Hope you're having a good one.



Burn

by mystere, May 07, 2003 12:00AM
To: Burn/Everyone
It seems my pain came back with a vengence this time too!  It's not enough we have to worry about all of the mind games we play with ourselves but you're right the "pain thing" really drags you down--I had neck surgery several years ago (bone graft from hip to replace ruptured discs)--well the "grafts" didn't take and I've been told another surgery could be in my future--Advil used to pretty much keep the pain in check at least to where I could function normally--but these last two days have been rough--I am 17 days post hydro-hell--I know that things will eventually settle down and the Advil will once agin do its job--but hon I can relate to what you are going through--We have to believe that things WILL get better--I know that part of it is my poor run down body is trying to adjust being without the hydro's--I am sooo glad I cancelled an appointment with a pain mangement specialist because the way I physically feel I probably would have taken a rx if it was offered! I know tomorrow I will be damn glad that I'll be looking at day 18 out of hydro-hell--As bad as the pain is, it is nothing like the pain of withdrawals--so I'll stay the course--use this wonderful web sight as a source of inspiration--Take care Burn--We WILL feel better tomorrow!--I'll keep you in my prayers--Mystere/ AKA N.O. Lady



Anne

by mrmichael67, May 07, 2003 12:00AM
I just used that converter and I came up with the 25ug/hr patch being equivalent to about 75mg of hydro a day.  Instead of going from fentanyl to hydro, go from hydro to fentanyl.  If you do that, you will come up with 0.25mg of fentanyl which is 25ug.  I use this one:  http://www.globalrph.com/narcotic.htm which lays it out easier, but the converter gives a more exact number.  Just keep in mind with the patch and people's differing capacity to absorb it, the number can vary.  The converter gives the oxycodone dose at about 50mg.  But, the number does swing widely.

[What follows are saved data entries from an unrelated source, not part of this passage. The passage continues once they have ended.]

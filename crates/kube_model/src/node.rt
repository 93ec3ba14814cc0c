//! Kubernetes nodes.

use crate::copies::copied;
use kube_labels::{Labels, Text};
use mlb_base::{NoMemory, TryCopy};

/// A Kubernetes Node.
pub struct Node {
    pub name: Text,
    pub labels: Labels,
}

impl Drop for Node {
    fn drop(self) {
        let Node { name: _, labels: _ } = self;
    }
}

impl TryCopy for Node {
    fn copy(&self) -> Result<Node, NoMemory> {
        let (name, labels) = copied(&self.name, &self.labels)?;
        Ok(Node { name, labels })
    }
}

by mrmichael67, May 07, 2003 12:00AM
By the way, I am right there with whoever on the pain deal for the last five days.  Absolutely miserable.  I am working again, so I think that is contributing.

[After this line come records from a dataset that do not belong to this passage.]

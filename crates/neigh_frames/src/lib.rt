//! Answers to ARP requests and neighbor solicitations, gratuitous ARP and unsolicited Neighbor
//! Advertisements: Ethernet frames of fixed sizes, which take no memory. Numbers in frames are
//! big-endian, and addresses stand as they are sent.
#![tactic(auto)]

mod advertisement;
mod arp;
mod checksum;
mod filling;
mod ndp;
mod options;
mod solicitation;

pub use arp::{arp_answer, arp_answer_known, unasked_arp};
pub use ndp::{ndp_answer, ndp_answer_known, unasked_ndp};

by whatitistoburn, May 07, 2003 12:00AM
To: Anne,Mr...
It's good to be not all alone in situations, but wish it weren't this one. I feel like I have been hit like a Mac Truck, and then beat about the head with a baseball bat. What's the deal with all of us?

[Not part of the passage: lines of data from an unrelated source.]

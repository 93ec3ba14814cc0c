//! BGP peers.

use crate::copies::copied;
use crate::selector::SelectorTexts;
use kube_labels::Text;
use mlb_base::{NoMemory, TryCopy};

/// A MetalLB BGPPeer. The numbers of autonomous systems are from 1.
pub struct BgpPeer {
    pub name: Text,
    /// `spec.myASN`.
    pub my_asn: u32,
    /// `spec.peerASN`.
    pub peer_asn: u32,
    /// `spec.nodeSelectors`.
    pub node_selectors: SelectorTexts,
}

impl Drop for BgpPeer {
    fn drop(self) {
        let BgpPeer {
            name: _,
            my_asn: _,
            peer_asn: _,
            node_selectors: _,
        } = self;
    }
}

impl TryCopy for BgpPeer {
    fn copy(&self) -> Result<BgpPeer, NoMemory> {
        let (name, node_selectors) = copied(&self.name, &self.node_selectors)?;
        Ok(BgpPeer {
            name,
            my_asn: self.my_asn,
            peer_asn: self.peer_asn,
            node_selectors,
        })
    }
}
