//! The families that a service wants addresses of.
ghost use Rattle.std.specs.Prelude.{◌≡◌, ◌≢◌, [], ◌∷◌, IfOk, IfSome, IfNone};
ghost use Rattle.kube_model.specs.Families.{AreFamilies};

use ip_ranges::Family;
use mlb_base::{NoMemory, Sequence, TryCopy};
use std::alloc::Global;
use std::marker::Model;

/// One or two distinct families, in the order in which they are wanted.
pub struct FamilyList {
    families: Sequence<Family>,
}

impl Drop for FamilyList {
    fn drop(self) {
        let FamilyList { families: _ } = self;
    }
}

impl Model for FamilyList {
    ghost use Rattle.std.specs.Prelude.{List};
    ghost use Rattle.ip_ranges.specs.declared.family.Family.{Family};
    ghost use Rattle.kube_model.specs.Families.{AreFamilies};

    ghost Value = { List Family };

    ghost view = { λ f. f.families };

    ghost invariant = { λ f. AreFamilies f.families };
}

impl FamilyList {
    /// The list, or nothing where it isn't one of one or two distinct families.
    pub fn new(families: Sequence<Family>) -> Option<FamilyList>
        ensures listed { IfSome result (λ made. made ≡ families) }
        ensures refused { IfNone result (¬ AreFamilies families) }
    {
        match families.as_slice() {
            [_] => Some(FamilyList { families }),
            [first, second] if first != second => Some(FamilyList { families }),
            _ => {
                drop(families);
                None
            }
        }
    }

    /// The family alone.
    pub fn one(alloc: Global, family: Family) -> Result<FamilyList, NoMemory>
        ensures { IfOk result (λ made. made ≡ family ∷ []) }
    {
        Ok(FamilyList {
            families: Sequence::from_slice(alloc, [family].as_slice())?,
        })
    }

    /// The two families, in this order.
    pub fn two(alloc: Global, first: Family, second: Family) -> Result<FamilyList, NoMemory>
        requires { first ≢ second }
        ensures { IfOk result (λ made. made ≡ first ∷ second ∷ []) }
    {
        Ok(FamilyList {
            families: Sequence::from_slice(alloc, [first, second].as_slice())?,
        })
    }

    pub fn as_slice(&self) -> &[Family]
        ensures listed { result.now ≡ self.now }
        ensures distinct { AreFamilies self.now }
    {
        self.families.as_slice()
    }
}

impl TryCopy for FamilyList {
    fn copy(&self) -> Result<FamilyList, NoMemory> {
        Ok(FamilyList {
            families: self.families.copy()?,
        })
    }
}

Anne, thanks for being so supportive, and for reminding me tommorw will be another day clean no matter what.



Burn

by bigmistake, May 08, 2003 12:00AM
I have not posted in so long -- I guess because there seems little sense in describing my daily torture so everyone can read it and relate.  No one can really benefit from what I have to say because I definitely do NOT have any answers...I am still struggling and would love to be able to say that I got thru just ONE DAY without a pain killer.  I can't sleep because I am so stressed out about the direction my life is going in.  I think about how much my personality has changed since I've become addicted -- I used to be outgoing, social and enjoy hanging out with friends and family....I don't ever want to leave the house now.  And when I do go anywhere, I am so quiet and lame that I feel embarrassed -- that's because I am so f*!ked up that if I did open my mouth nothing normal would come out!!!  My therapist wants me to go to rehab -- I keep telling her that I can do this on my own, but it's not looking good.  I just feel like going to rehab would be failing -- I feel like I should have the strength to just STOP EATING THESE PILLS.  But if I don't take any, I am not even capable of getting out of bed...in fact, if I don't take any pk, even lying in bed hurts.  This blows.